TASK PROMPT — As the answer, set down the lines below from the one containing "0; font-weight: 400;" through the one containing "#load thead td", exactly and inclusively, and no others.

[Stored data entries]
------------------------------
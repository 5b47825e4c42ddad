//! Inputs that go on after a command's limit.

use crate::failing::{HELLO, run_once, words};
use carousel_profile::PACKET_LENGTH;
use folder_store::{MemFolders, MemStore};
use oc_bytes::{Failed, MemSink, Source};
use std::alloc::Global;
use std::test::Fail;

/// The same bytes again and again, made up as they are read. What is left isn't told.
#[derive(Drop)]
struct Repeated<'u> {
    unit: &'u [u8],
    at: usize,
    left: usize,
}

impl Source for Repeated<'_> {
    ghost use Rattle.std.specs.Prelude.{None};

    ghost left = { λ s. None };

    ghost faults = { λ s. 0 };

    fn read(&mut self, into: &mut [u8]) -> Result<usize, Failed> {
        if self.at >= self.unit.len() {
            self.at = 0;
        }
        let n = (self.unit.len() - self.at).min(into.len()).min(self.left);
        into[..n].copy_from_slice(&self.unit[self.at..self.at + n]);
        self.at += n;
        self.left -= n;
        Ok(n)
    }

    fn faults(&self) -> u64 {
        0
    }
}

/// These bytes so often.
fn many_of(alloc: Global, unit: &[u8], times: u32) -> Result<Vec<u8>, Fail> {
    let mut bytes = Vec::new(alloc);
    for _ in 0..times {
        bytes.extend_from_slice(unit)?;
    }
    Ok(bytes)
}

/// The status of a command on so many bytes of a unit that is repeated.
fn code(alloc: Global, line: &str, unit: &[u8], left: usize) -> Result<u8, Fail> {
    let words = words(alloc, line)?;
    let mut source = Repeated { unit, at: 0, left };
    let mut sink = MemSink::new(alloc, Vec::new(alloc), 65_536);
    let mut folders = MemFolders::new(Vec::new(alloc), Vec::new(alloc));
    let mut store = MemStore::new(alloc, Vec::new(alloc));
    let status = run_once(
        alloc,
        &words,
        &mut source,
        &mut sink,
        &mut folders,
        &mut store,
    )?;
    Ok(status.code())
}

#[test]
fn inputs_that_go_on_are_too_long(rt: HostRuntime) -> Result<(), Fail> {
    let alloc = rt.alloc();
    // A packet of stuffing, and a section of twelve bytes that doesn't read.
    let mut packet = [0xFF; PACKET_LENGTH];
    packet[0] = 0x47;
    packet[1] = 0x1F;
    packet[3] = 0x10;
    let section = [0x3C, 0xB0, 9, 0, 0, 0, 0, 0, 0, 0, 0, 0];
    let packets = many_of(alloc, &packet, 256)?;
    let sections = many_of(alloc, &section, 4096)?;
    let lines = many_of(alloc, b"\n", 65_536)?;
    // The most that each takes ends as the second number says; a byte more is too long.
    let rows: [(&str, &[u8], usize, u8); 4] = [
        ("list 256", &packets, 16_777_216 * 188, 1),
        ("open sections /", &sections, 16_777_216 * 12, 1),
        ("assemble 1 0 5 42", &HELLO, 65_536 * 35, 0),
        ("rehearse", &lines, 16_777_216, 0),
    ];
    for (line, unit, most, good) in rows {
        assert_eq!(rt; code(alloc, line, unit, most)?, good, "{line}");
        assert_eq!(rt; code(alloc, line, unit, most + 1)?, 8, "{line}");
    }
    Ok(())
}
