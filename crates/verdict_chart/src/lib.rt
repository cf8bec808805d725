// The wall chart of verdicts as text and as a page, and the report of its counts.
#![tactic(auto)]

pub mod forms;
pub mod label;
pub mod layout;
pub mod page;
pub mod report;
pub mod style;
pub mod text;
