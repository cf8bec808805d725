// Lines that no width cuts, and columns in them.
use stepper_lines::line::Line;
use stepper_lines::view::View;

pub fn new_line() -> Line {
    Line::new(View {
        names: 0,
        bits: false,
        all: true,
        cells: false,
        colour: false,
        echo: false,
    })
}

// Blanks up to a column.
pub fn to(line: Line, column: usize) -> Line {
    (line.length..column).fold(line, |made, _| made.with(b' '))
}

// A number that ends before a column.
pub fn right(line: Line, n: u64, column: usize) -> Line {
    let width = new_line().number(n).length;
    to(line, column.wrapping_sub(width)).number(n)
}
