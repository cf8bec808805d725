// How the page looks, on a screen and on paper.
use stepper_lines::print::text;

// Where the blocks stand.
fn areas() {
    text(
        b"/* A row's label is as wide as --label columns. */\n\
        html { font: clamp(12px, 1.02vw, 18px)/1.15 Arial, 'Liberation Sans', Helvetica, sans-serif; color: #111; background: #fff; --row: 1.9rem; --mark: 1.25rem; --label: 2.8 }\n\
        body { margin: 1.5rem; display: grid; gap: 1rem .94%; grid-template: 'head head head legend legend'\n\
        'arithmetic logic unary move exchange' 'comparison comparison comparison comparison comparison'\n\
        'load load load load counts' 'store store store store store' / 98fr 88fr 48fr 98fr 78fr }\n\
        header { grid-area: head }\n\
        aside { grid-area: legend }\n\
        #arithmetic { grid-area: arithmetic; --cells: 7 }\n\
        #comparison { grid-area: comparison }\n\
        #binary-logic { grid-area: logic; --cells: 6 }\n\
        #unary { grid-area: unary; --cells: 2 }\n\
        #move { grid-area: move; --cells: 7 }\n\
        #exchange { grid-area: exchange; --cells: 5 }\n\
        #load { grid-area: load; padding-right: 9.2% }\n\
        #store { grid-area: store }\n\
        #counts { grid-area: counts; margin-left: -34% }\n",
    );
}

// Title, legend and captions; the heads of rows and columns.
fn texts() {
    text(
        b"h1 { margin: 0 0 .7rem; font-size: 2.2rem; line-height: 1 }\n\
        p { margin: 0 0 .5rem }\n\
        ul { margin: 0; padding: 0; list-style: none }\n\
        li { margin: 0 0 .15rem; padding-left: 2.2rem; text-indent: -2.2rem }\n\
        li b { display: inline-block; box-sizing: border-box; width: 1.7rem; margin-right: .22rem; border: 1px solid #555; text-align: center; text-indent: 0 }\n\
        table { width: 100%; table-layout: fixed; border-collapse: collapse }\n\
        caption { padding-bottom: .1rem; text-align: left; white-space: nowrap }\n\
        caption b { font-size: 1.25rem }\n\
        th { padding: 0; font-weight: 400; text-align: left; white-space: nowrap }\n\
        td { padding: 0; text-align: center }\n\
        thead td { width: calc(100% * var(--label) / (var(--label) + var(--cells))) }\n\
        #comparison thead td, #store thead td { width: 6.6% }\n\
        #load thead td { width: 9% }\n\
        thead th + th, thead td + th { text-align: center }\n\
        tr + tr th + th { font-size: .76rem }\n",
    );
}

// The cells, and the colours of the marks.
fn cells() {
    text(
        b"tbody td { height: var(--row); border: 1px solid #555; font-size: var(--mark); line-height: 1 }\n\
        #comparison td:nth-child(7n+9), #store td:nth-child(7n+9), #load td:nth-child(5n+7) { border-left: .25rem solid #111 }\n\
        #counts thead td { width: 32% }\n\
        #counts tbody { font-size: .9rem }\n\
        #counts thead th { padding-right: .5rem; text-align: right }\n\
        #counts td { height: auto; padding-right: .5rem; border: 0; font-size: inherit; line-height: inherit; text-align: right }\n\
        #counts tbody tr:last-child > * { border-top: 1px solid #555 }\n\
        .a, .u, .d, .r, .o { -webkit-print-color-adjust: exact; print-color-adjust: exact }\n\
        .a { background: #004d4d; color: #fff; font-weight: 700 }\n\
        /* Where fills are not printed a frame is left. */\n\
        td.a { outline: .18rem solid #004d4d; outline-offset: -.22rem }\n\
        .u { background: #f2f2f2 }\n\
        .d { background: #ffd98c }\n\
        .r { background: #bcdcf5 }\n\
        .o { background: #cfbde0 }\n",
    );
}

fn narrow_screen() {
    text(
        b"/* On a narrow screen each block scrolls by itself. */\n\
        @media screen and (max-width: 1100px) {\n\
        body { display: block; margin: 1rem }\n\
        div, aside { margin-top: 1.5rem; overflow-x: auto }\n\
        #load { padding: 0 }\n\
        #counts { margin-left: 0 }\n\
        table { width: auto }\n\
        tbody td, #counts td { min-width: 1.9rem }\n\
        th:first-child { position: sticky; left: 0; padding-right: .5rem; background: #fff }\n\
        }\n",
    );
}

fn paper() {
    text(
        b"/* A3 is one sheet. Paper with a side under 265 mm, as A4, is two: three operands have the second. */\n\
        @page { size: landscape; margin: 10mm }\n\
        @media print {\n\
        html { --row: 7mm; --mark: 5.7mm; font-size: 4.4mm }\n\
        body { margin: 0; padding: 1px }\n\
        div { break-inside: avoid }\n\
        }\n\
        @media print and (max-width: 265mm), print and (max-height: 265mm) {\n\
        html { --row: 9mm; --mark: 5mm; --label: 2.3; font-size: 3.25mm }\n\
        body { gap: 1rem 3%; grid-template: 'head head head head' 'arithmetic logic unary legend' 'move exchange . counts'\n\
        'comparison comparison comparison comparison' 'load load load load' 'store store store store' / 93fr 83fr 43fr 92fr }\n\
        #comparison { break-before: page }\n\
        header { margin-bottom: 3mm }\n\
        #move, #exchange, #counts { margin-top: 6mm }\n\
        li { margin-bottom: .6rem }\n\
        #counts tbody { font-size: 1rem; line-height: 1.5 }\n\
        #exchange { padding-right: 12% }\n\
        #load { padding-right: 26.7% }\n\
        #counts { margin-left: 0 }\n\
        }\n",
    );
}

pub fn style() {
    text(b"<style>\n");
    areas();
    texts();
    cells();
    narrow_screen();
    paper();
    text(b"</style>\n");
}
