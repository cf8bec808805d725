// The chart as a page: one HTML file with nothing outside it.
use crate::forms::{
    Span, VERDICT_COUNT, columns_of, is_grouped, mark_at, mark_of, row_size, row_start,
};
use crate::label::{
    family_name, family_word, mnemonic, mnemonics, operand, role, roles, short_operand, title,
    verdict_words,
};
use crate::layout::new_line;
use crate::style::style;
use stepper_lines::line::Line;
use stepper_lines::print::text;
use tables::family::{FRAME, UNARY};
use verdict_table::blocks::NAMES;

// An element with a mark in it, whose class, the small letter, gives the colour.
fn marked(line: Line, tag: &[u8], mark: u8) -> Line {
    line.text(tag)
        .text(b" class=")
        .with(mark.wrapping_add(32))
        .with(b'>')
        .with(mark)
}

// ---- head and legend

// A short head, with what it stands for.
fn short_words(place: u64, between: &[u8], after: &[u8]) {
    text(b"<b>");
    short_operand(new_line(), place).print();
    text(b"</b>");
    operand(new_line().text(between), place).print();
    text(after);
}

fn head() {
    text(
        b"<!DOCTYPE html>\n\
        <html lang=en>\n\
        <meta charset=utf-8>\n\
        <meta name=viewport content='width=device-width, initial-scale=1'>\n\
        <title>",
    );
    title();
    text(b"</title>\n");
    style();
}

fn header() {
    text(b"<body>\n<header>\n<h1>");
    title();
    text(
        b"</h1>\n\
        <p>Rows are the first operand and columns the last; where there are three, each group of columns is a second operand. \
        The operators of a block share its verdicts, NEG and NOT apart.\n\
        <p>",
    );
    short_words(0, b" ", b", ");
    short_words(2, b" ", b", ");
    short_words(3, b" ", b", ");
    short_words(5, b" an ", b", ");
    short_words(6, b" a ", b"\n</header>\n");
}

fn legend_item(verdict: u8) {
    marked(new_line(), b"<li><b", mark_of(verdict)).print();
    text(b"</b> ");
    verdict_words(verdict);
    text(b"\n");
}

fn legend_items() {
    for verdict in 0..VERDICT_COUNT {
        legend_item(verdict);
    }
}

fn legend() {
    text(b"<aside>\n<ul>\n");
    legend_items();
    text(b"</ul>\n</aside>\n");
}

// ---- a family's block

fn caption(line: Line, family: u64) -> Line {
    let named = family_name(line.text(b"<caption><b>"), family).text(b"</b>");
    if is_grouped(family) {
        let operators = mnemonics(named.with(b' '), family);
        return roles(operators.text(b" <i>"), family).text(b"</i></caption>");
    }
    mnemonics(named.text(b"<br>"), family).text(b"</caption>")
}

fn groups_of(family: u64) -> u64 {
    if is_grouped(family) { NAMES as u64 } else { 1 }
}

// What stands above a group of columns.
fn group_head(line: Line, family: u64, second: u64) -> Line {
    let sized = line
        .text(b"<th scope=col colspan=")
        .number(columns_of(family) as u64);
    let headed = role(sized.text(b"><i>"), family, 2).text(b"</i>");
    if is_grouped(family) {
        return operand(headed.with(b' '), second);
    }
    headed
}

fn group_heads(line: Line, family: u64) -> Line {
    (0..groups_of(family)).fold(line, |made, second| group_head(made, family, second))
}

// In unary the columns are the operators.
fn column_head(line: Line, family: u64, column: u64) -> Line {
    let cell = line.text(b"<th scope=col>");
    if family == UNARY {
        return mnemonic(cell, family, column);
    }
    short_operand(cell, column)
}

fn column_heads(line: Line, family: u64) -> Line {
    let columns = columns_of(family) as u64;
    (0..columns).fold(line, |made, column| column_head(made, family, column))
}

fn all_column_heads(line: Line, family: u64) -> Line {
    (0..groups_of(family)).fold(line, |made, _| column_heads(made, family))
}

// The marks of so many forms from a place on.
fn marks(line: Line, start: usize, forms: usize) -> Line {
    (0..forms).fold(line, |made, form| {
        marked(made, b"<td", mark_at(start.wrapping_add(form)))
    })
}

fn rows(family: u64) {
    for first in 0..NAMES as u64 {
        let labelled = operand(new_line().text(b"<tr><th scope=row>"), first);
        marks(labelled, row_start(family, first), row_size(family)).end();
    }
}

fn block(family: u64) {
    family_word(new_line().text(b"<div id="), family).print();
    text(b">\n<table>\n");
    caption(new_line(), family).end();
    group_heads(new_line().text(b"<thead><tr><td>"), family).end();
    let first = role(new_line().text(b"<tr><th scope=col><i>"), family, 0);
    all_column_heads(first.text(b"</i>"), family).end();
    text(b"<tbody>\n");
    rows(family);
    text(b"</table>\n</div>\n");
}

fn blocks() {
    for family in 0..FRAME {
        block(family);
    }
}

// ---- the counts

fn count_heads(line: Line) -> Line {
    (0..VERDICT_COUNT).fold(line, |made, verdict| {
        marked(made, b"<th scope=col", mark_of(verdict))
    })
}

// The number of all forms, and of those under each verdict.
fn count_cells(line: Line, forms: Span) -> Line {
    let all = line.text(b"<td>").number(forms.size() as u64);
    (0..VERDICT_COUNT).fold(all, |made, verdict| {
        made.text(b"<td>").number(forms.under(verdict) as u64)
    })
}

fn count_rows() {
    for family in 0..FRAME {
        let labelled = family_name(new_line().text(b"<tr><th scope=row>"), family);
        count_cells(labelled, Span::of_family(family)).end();
    }
}

fn counts() {
    text(
        b"<div id=counts>\n\
        <table>\n\
        <caption><b>counts</b> forms under each verdict</caption>\n",
    );
    count_heads(new_line().text(b"<thead><tr><td><th scope=col>all")).end();
    text(b"<tbody>\n");
    count_rows();
    count_cells(new_line().text(b"<tr><th scope=row>all"), Span::whole()).end();
    text(b"</table>\n</div>\n");
}

pub fn page() {
    head();
    header();
    legend();
    blocks();
    counts();
}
------------------------------
PROBLEM SOLUTION —
        th { padding: 0; font-weight: 400; text-align: left; white-space: nowrap }\n\
        td { padding: 0; text-align: center }\n\
        thead td { width: calc(100% * var(--label) / (var(--label) + var(--cells))) }\n\
        #comparison thead td, #store thead td { width: 6.6% }\n\
        #load thead td { width: 9% }\n\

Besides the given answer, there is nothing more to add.